16:52
18/7/2017

Pojawiły się skimmery wykorzystujące podczerwień, co wpływa na energooszczędność i poręczność tych urządzeń. Dobra wiadomość jest taka, że można się przed nimi ochronić w bardzo prosty sposób.

Podczerwień? Ale po co?

Skimmery z komunikacją na podczerwień pojawiły się w amerykańskim stanie Oklahoma. Jak podaje KFOR.com, urządzenia sczytujące dane z karty były zamontowane tak głęboko, że praktycznie nie dało się ich zauważyć. Rzecz jednak w tym, że urządzenie w slocie na kartę łączyło się bezprzewodowo z kamerą umieszczoną poza bankomatem, która to kamera odpowiadała za uchwycenie wprowadzanego PIN-u oraz za przechowywanie danych.

Brian Krebs dowiedział się od ludzi związanych z bankami, że komunikacja wewnętrznego skimmera z zewnętrzną kamerą odbywała się właśnie za pomocą podczerwieni. Dzięki temu można było wymieniać kamerę bez manipulowania w szczelinie na kartę, a było to potrzebne choćby w celu wymiany baterii. Wewnętrzny skimmer również wymagał baterii, ale on mógł włączać się tylko przy wkładaniu karty. Komunikacja na podczerwień nie była to bez znaczenia, bo zazwyczaj pozwala ona na tworzenie urządzeń mniejszych i bardziej energooszczędnych.

Skimmer wyciągnięty z bankomatu w Oklahomie (fot. KrebsOnSecurity.com)
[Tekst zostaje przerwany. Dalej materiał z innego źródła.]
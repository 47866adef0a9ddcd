//! The text of a log, written and read.
//!
//! The first line names the form, the second gives the digest of the inputs, and each further line is a step: `b` with
//! the literals of a block, or `l` or `d` with the literals of a learned or a derived clause, a colon and the chain.
//! Every word stands after one space, and every line ends with a newline.

ghost use Rattle.std.specs.Prelude.{◌≡◌, ◌≢◌, ◌<◌, ◌∷◌, All, IfOk, MatchOption};
ghost use Rattle.proof_check.specs.Text.{pieces, head_line, inputs_line, text_of, CanBeWritten, IsDigest, IsLogText, IsFirstBadLine};
ghost use Rattle.proof_check.specs.Lines.{LacksLine};
ghost use Rattle.proof_check.specs.Errors.{OnSyntax};
ghost use Rattle.proof_check.specs.declared.types.LogText.{LogText};

mod cut;
mod inputs;
mod line_reader;
mod number;
mod parts;
mod seen;
mod steps;
mod words;
mod write;

use crate::text::cut::cut_at;
use crate::text::inputs::digest_of;
use crate::text::parts::read_steps_by;
use crate::text::steps::read_steps;
use crate::text::write::{write_inputs, write_step};
use crate::types::{LogErr, LogText};
use loc_base::{Bytes, Digest, NoMemory};
use std::alloc::Global;
use std::thread::Threads;

/// The first line.
const HEAD: &[u8; 14] = b"localise-log 1";

/// What follows the first line, where that is as it must be.
fn after_head(text: &[u8]) -> Option<&[u8]>
    ensures { MatchOption result (LacksLine 0 (pieces text.now)) (λ rest. pieces text.now ≡ head_line ∷ pieces rest.now) }
{
    let (head, rest) = cut_at(text, b'\n');
    if head == HEAD.as_slice() { rest } else { None }
}

/// The digest of the line that comes next, and what follows it, where that line is as it must be.
fn after_inputs(text: &[u8]) -> Option<(Digest, &[u8])>
    ensures { MatchOption result (LacksLine 1 (pieces text.now)) (λ found. IsDigest found.0 × (pieces text.now ≡ inputs_line found.0 ∷ pieces found.1.now)) }
{
    let (line, rest) = cut_at(text, b'\n');
    let rest = rest?;
    let digest = digest_of(line)?;
    Some((digest, rest))
}

/// The log that the text is. `LogSyntax` comes exactly where it is the text of no log, with the first line that isn't
/// of the form; a line that is lacking, or that no newline ends, isn't.
pub fn read_log(alloc: Global, text: &[u8]) -> Result<LogText, LogErr>
    ensures ok { IfOk result (λ value. IsLogText value × (text.now ≡ text_of value)) }
    ensures syntax { OnSyntax result (λ line. IsFirstBadLine text.now line) }
    ensures refused { OnSyntax result (λ _. (value : LogText) → IsLogText value → text.now ≢ text_of value) }
{
    let Some(rest) = after_head(text) else {
        return Err(LogErr::LogSyntax { line: 1 });
    };
    let Some((inputs, rest)) = after_inputs(rest) else {
        return Err(LogErr::LogSyntax { line: 2 });
    };
    let log = read_steps(alloc, rest)?;
    Ok(LogText { inputs, log })
}

/// What `read_log` reads, by so many workers, each of which reads a part of the text: the same for every number of workers. Where
/// some line isn't of the form, one worker reads the whole text again, for the first that isn't.
pub fn read_log_parallel<R: Threads + Sync>(
    rt: &R,
    alloc: Global,
    text: &[u8],
    workers: u32,
) -> Result<LogText, LogErr>
    requires { 0 < workers }
    ensures ok { IfOk result (λ value. IsLogText value × (text.now ≡ text_of value)) }
    ensures syntax { OnSyntax result (λ line. IsFirstBadLine text.now line) }
    ensures refused { OnSyntax result (λ _. (value : LogText) → IsLogText value → text.now ≢ text_of value) }
{
    let Some(rest) = after_head(text) else {
        return Err(LogErr::LogSyntax { line: 1 });
    };
    let Some((inputs, rest)) = after_inputs(rest) else {
        return Err(LogErr::LogSyntax { line: 2 });
    };
    let log = read_steps_by(rt, alloc, rest, workers)?;
    Ok(LogText { inputs, log })
}

/// The text of the log, which `read_log` reads back.
pub fn log_text(alloc: Global, value: &LogText) -> Result<Bytes, NoMemory>
    requires { All CanBeWritten value.now.log }
    ensures text { IfOk result (λ text. text ≡ text_of value.now) }
    ensures reads_back { IfOk result (λ text. (other : LogText) → IsLogText other → text ≡ text_of other → other ≡ value.now) }
{
    let mut text = Bytes::copy_of(alloc, b"localise-log 1\n")?;
    write_inputs(&mut text, &value.inputs)?;
    for place in 0..value.log.len() {
        write_step(&mut text, &value.log, place)?;
    }
    Ok(text)
}
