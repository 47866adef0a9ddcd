//! What the form of a design says of sets of suspects.

ghost use Rattle.std.specs.Prelude.{◌≡◌, ◌≤◌, ◌<◌, ◌+◌, ◌^◌, All, IfOk, IsTrue, length};

use crate::asked::Asked;
use bit_circuit::Circuit;
use card_counter::{bound, counters};
use clause_base::{Form, Lit, are_within, has_distinct_variables, is_within};
use clause_form::form;
use design_core::Values;
use form_values::{are_places, has_one_column_each, values};
use sat_core::{Budget, Solver, Verdict};
use std::alloc::Global;
use std::test::Fail;
use unroller::{Unrolled, are_traces, unroll};

/// The unrolled circuit and its clauses, in which sets of at most so many suspects are asked for.
#[derive(Drop)]
pub(super) struct Clauses {
    pub(super) unrolled: Unrolled,
    pub(super) form: Form,
    pub(super) most: u32,
}

/// The form of a circuit for the traces and the suspects.
pub(super) fn clauses_of(
    alloc: Global,
    circuit: &Circuit,
    asked: &Asked,
    most: u32,
) -> Result<Clauses, Fail> {
    if !are_traces(circuit, &asked.traces) {
        return Err(Fail::new("no traces of the circuit"));
    }
    let unrolled = match unroll(alloc, circuit, &asked.traces, &asked.groups, most) {
        Ok(unrolled) => unrolled,
        Err(_) => return Err(Fail::new("too many variables")),
    };
    match form(alloc, &unrolled, &asked.groups, most) {
        Ok(form) => Ok(Clauses {
            unrolled,
            form,
            most,
        }),
        Err(_) => Err(Fail::new("too many literals")),
    }
}

/// The literal that is false where no more than so many of the suspects are chosen.
fn too_many(suspects: u32, most: u32, members: u32) -> Result<Option<Lit>, Fail> {
    if suspects > 1000 || counters(suspects, most) > 1000 || members > most {
        return Err(Fail::new("too many suspects"));
    }
    Ok(bound(suspects, most, members, suspects + 1))
}

/// What is assumed: the selectors of exactly these members are true, and no more than so many.
fn assumptions(
    alloc: Global,
    suspects: usize,
    most: u32,
    members: &[u32],
) -> Result<Vec<Lit>, Fail> {
    if suspects > 1000 || members.len() > 1000 {
        return Err(Fail::new("too many suspects"));
    }
    let suspects = suspects as u32;
    let mut assume = Vec::new(alloc);
    for i in 0..suspects {
        let var = i + 1;
        let negated = !members.contains(&var);
        assume.push(Lit { var, negated })?;
    }
    if let Some(more) = too_many(suspects, most, members.len() as u32)? {
        assume.push(Lit {
            var: more.var,
            negated: true,
        })?;
    }
    Ok(assume)
}

/// A solver of a form.
fn solver_of(alloc: Global, form: &Form) -> Result<Solver, Fail>
    ensures { IfOk result (λ s. length s.form < 100000) }
{
    if form.clauses.len() >= 100_000 || !are_within(&form.clauses, form.vars) {
        return Err(Fail::new("no such form"));
    }
    Ok(Solver::new(alloc, form, &[])?)
}

/// A model of a form under assumptions, and `None` where there is none.
fn model_of(alloc: Global, form: &Form, assume: &[Lit]) -> Result<Option<Vec<bool>>, Fail> {
    let mut solver = solver_of(alloc, form)?;
    let vars = solver.model().len();
    if vars > 100_000 || !is_within(assume, vars as u32) || !has_distinct_variables(assume) {
        return Err(Fail::new("no such assumptions"));
    }
    if solver.log().len() > 100_000 {
        return Err(Fail::new("a long log"));
    }
    let mut budget = Budget::new(100_000);
    match solver.solve(assume, &mut budget)? {
        Verdict::Model => Ok(Some(solver.model().to_vec(alloc)?)),
        Verdict::Closed { .. } => Ok(None),
        Verdict::Spent => Err(Fail::new("the budget is spent")),
    }
}

/// Whether members are numbers of suspects.
fn are_members(members: &[u32], suspects: usize) -> bool
    ensures { IsTrue result → All (λ m. (1 ≤ m) × (m ≤ suspects)) members.now }
{
    members.iter().all(|m| 1 <= *m && *m as usize <= suspects)
}

/// The values that the form has for some members, and `None` where it has none.
pub(super) fn values_by_form(
    alloc: Global,
    clauses: &Clauses,
    asked: &Asked,
    members: &[u32],
) -> Result<Option<Values>, Fail> {
    let assume = assumptions(alloc, asked.groups.len(), clauses.most, members)?;
    let Some(model) = model_of(alloc, &clauses.form, &assume)? else {
        return Ok(None);
    };
    let unrolled = &clauses.unrolled;
    if !has_one_column_each(unrolled) || !are_places(unrolled, &asked.groups) {
        return Err(Fail::new("no places of the circuit"));
    }
    if !are_members(members, asked.groups.len()) {
        return Err(Fail::new("no members"));
    }
    Ok(Some(values(alloc, &model, unrolled, &asked.groups, members)?))
}
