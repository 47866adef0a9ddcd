ghost use Rattle.std.specs.Prelude.{◌≡◌, length, map};
ghost use Rattle.loc_base.specs.Bits.{width_of, value_of};
ghost use Rattle.word_net.specs.Fits.{widths_of};
ghost use Rattle.word_net.specs.Given.{AreGiven, source_of};
ghost use Rattle.word_net.specs.Values.{net_values};

use crate::cycle::Cycle;
use crate::node::value;
use loc_base::Bits;
use word_net::WordNet;

/// Gives each node of a net its value in one cycle, where the states, the inputs, the places that are freed and the values
/// chosen for them are given. Takes no memory.
#[tactic(auto, using(crate::proofs::Nodes::steps))]
pub fn eval_into(
    net: &WordNet,
    state: &[Bits],
    inputs: &[Bits],
    freed: &[bool],
    choice: &[Bits],
    out: &mut [Bits],
)
    requires given { AreGiven (record { states = state.now; inputs = inputs.now; freed = freed.now; chosen = choice.now }) net.now.nodes }
    requires room { length out.old ≡ length net.now.nodes }
    ensures values { map value_of out.new ≡ net_values (source_of (record { states = state.now; inputs = inputs.now; freed = freed.now; chosen = choice.now })) net.now.nodes }
    ensures widths { map width_of out.new ≡ widths_of net.now.nodes }
{
    let cycle = Cycle {
        states: state,
        inputs,
        freed,
        chosen: choice,
    };
    let nodes = net.nodes();
    for i in 0..nodes.len() {
        let word = value(&cycle, &out[..i], &nodes[i]);
        out[i] = word;
    }
}
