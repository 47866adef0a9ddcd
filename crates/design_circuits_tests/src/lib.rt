//! Tests of forms of designs, from texts: for each set of at most k suspects what the form says beside a plain trial of all values, and
//! the values of each model replayed.
#![tactic(auto)]

#[cfg(test)]
mod asked;
#[cfg(test)]
mod build;
#[cfg(test)]
mod cases;
#[cfg(test)]
mod form;
#[cfg(test)]
mod trial;
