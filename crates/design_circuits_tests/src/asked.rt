//! What the form of a design is asked.

use design_core::Trace;
use front_end::Ordered;
use suspect_map::Groups;

/// A design, traces of it, and suspects.
#[derive(Drop)]
pub(super) struct Asked {
    pub(super) ready: Ordered,
    pub(super) traces: Vec<Trace>,
    pub(super) groups: Groups,
}
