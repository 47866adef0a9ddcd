//! A cycle of a design as a net of words: nodes that stand for words of 1 to 128 bits, each computed from earlier ones.
//!
//! A net has no statements and no order of execution: where a statement chooses, a node chooses between two words. What a node
//! stands for is one definition by cases (`specs/Values`), in the terms of the design's own operators.
#![tactic(auto)]

mod net;
mod node;

pub use net::WordNet;
pub use node::{Operand, Operation, Select, WordNode};
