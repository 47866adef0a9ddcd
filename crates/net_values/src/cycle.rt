ghost use Rattle.std.specs.Prelude.{◌≡◌, ◌≤◌, ◌<◌, length};
ghost use Rattle.loc_base.specs.Bits.{width_of, value_of};
ghost use Rattle.design_core.specs.Valuation.{bit, number};
ghost use Rattle.design_core.specs.After.{assigned};
ghost use Rattle.design_core.specs.Words.{choice_of};
ghost use Rattle.word_net.specs.Given.{HasWord, number_at};

use loc_base::Bits;
use plain_values::assigned;

/// What a cycle of a net is given: its states, its inputs, which places are freed, and the values chosen for them.
#[derive(Clone, Copy, Drop)]
pub(crate) struct Cycle<'a> {
    pub(crate) states: &'a [Bits],
    pub(crate) inputs: &'a [Bits],
    pub(crate) freed: &'a [bool],
    pub(crate) chosen: &'a [Bits],
}

/// The word of a number.
#[tactic(auto, using(crate::proofs::Words::word_steps))]
pub(crate) fn nth(words: &[Bits], number: u32, width: u8) -> Bits
    requires { HasWord words.now number width }
    ensures width { width_of result ≡ width }
    ensures value { value_of result ≡ number_at words.now number }
{
    words[number as usize]
}

impl Cycle<'_> {
    /// What a place assigns: the chosen value where it is freed, else the low bits of the computed word.
    #[tactic(auto, using(crate::proofs::Words::assign_steps))]
    pub(crate) fn assigned(&self, place: u32, computed: Bits, width: u8) -> Bits
        requires least { 1 ≤ width }
        requires narrower { width ≤ width_of computed }
        requires freed { place < length self.now.freed.now }
        requires chosen { HasWord self.now.chosen.now place width }
        ensures width { width_of result ≡ width }
        ensures value { value_of result ≡ number width (bit (assigned (choice_of self.now.freed.now self.now.chosen.now) place (value_of computed))) }
    {
        assigned(self.freed, self.chosen, place, computed).cut(width)
    }
}
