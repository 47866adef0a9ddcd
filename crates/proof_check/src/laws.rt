//! What is known of the answers of a check.

ghost use Rattle.std.specs.Prelude.{◌≡◌, List, Option, map};
ghost use Rattle.clause_base.specs.declared.literal.Lit.{Lit};
ghost use Rattle.clause_base.specs.declared.log.Step.{Step};
ghost use Rattle.clause_base.specs.Literal.{AllDistinct};
ghost use Rattle.clause_base.specs.Acceptance.{Follows, IsAccepted};
ghost use Rattle.proof_check.specs.declared.claim.BadStep.{BadStep};
ghost use Rattle.proof_check.specs.Claims.{Answers};
ghost use Rattle.proof_check.specs.Named.{AgreeFor};

/// A log has one answer: what one check says of it, any other says.
pub fn one_answer()
    ensures { (form : List (List Lit)) (blocks : List (List Lit)) (log : List Step) (one : Option BadStep) (other : Option BadStep) → Answers form blocks log one → Answers form blocks log other → one ≡ other }
{}

/// Of a form an answer rests on the clauses that the log's chains name, and on their number, alone.
pub fn same_answer()
    ensures { (log : List Step) (one : List (List Lit)) (other : List (List Lit)) → AgreeFor log one other → (blocks : List (List Lit)) (answer : Option BadStep) → Answers one blocks log answer → Answers other blocks log answer }
{}

/// What a log that is accepted says follows from the form and the blocks, where the clauses that its chains name are of distinct
/// variables: those of the one form are, which agrees with the other.
pub fn named_follow()
    ensures { (log : List Step) (one : List (List Lit)) (other : List (List Lit)) → AgreeFor log one other → (blocks : List (List Lit)) → AllDistinct one → AllDistinct (map (λ step. step.clause) log) → IsAccepted other blocks log → Follows other blocks log }
{}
Jak żyć? Po prostu zasłoń tę rękę!

Wspomniana zewnętrzna kamera chyba była umieszczona u góry (tak można wnioskować z doniesień prasowych), ale równie dobrze takie kamery mogą być umieszczane z boku, albo nawet na panelu przednim (nagrywają wówczas wprowadzanie PIN-u pod dość ostrym kątem, korzystając z otworu niezauważalnego gdy patrzymy od przodu).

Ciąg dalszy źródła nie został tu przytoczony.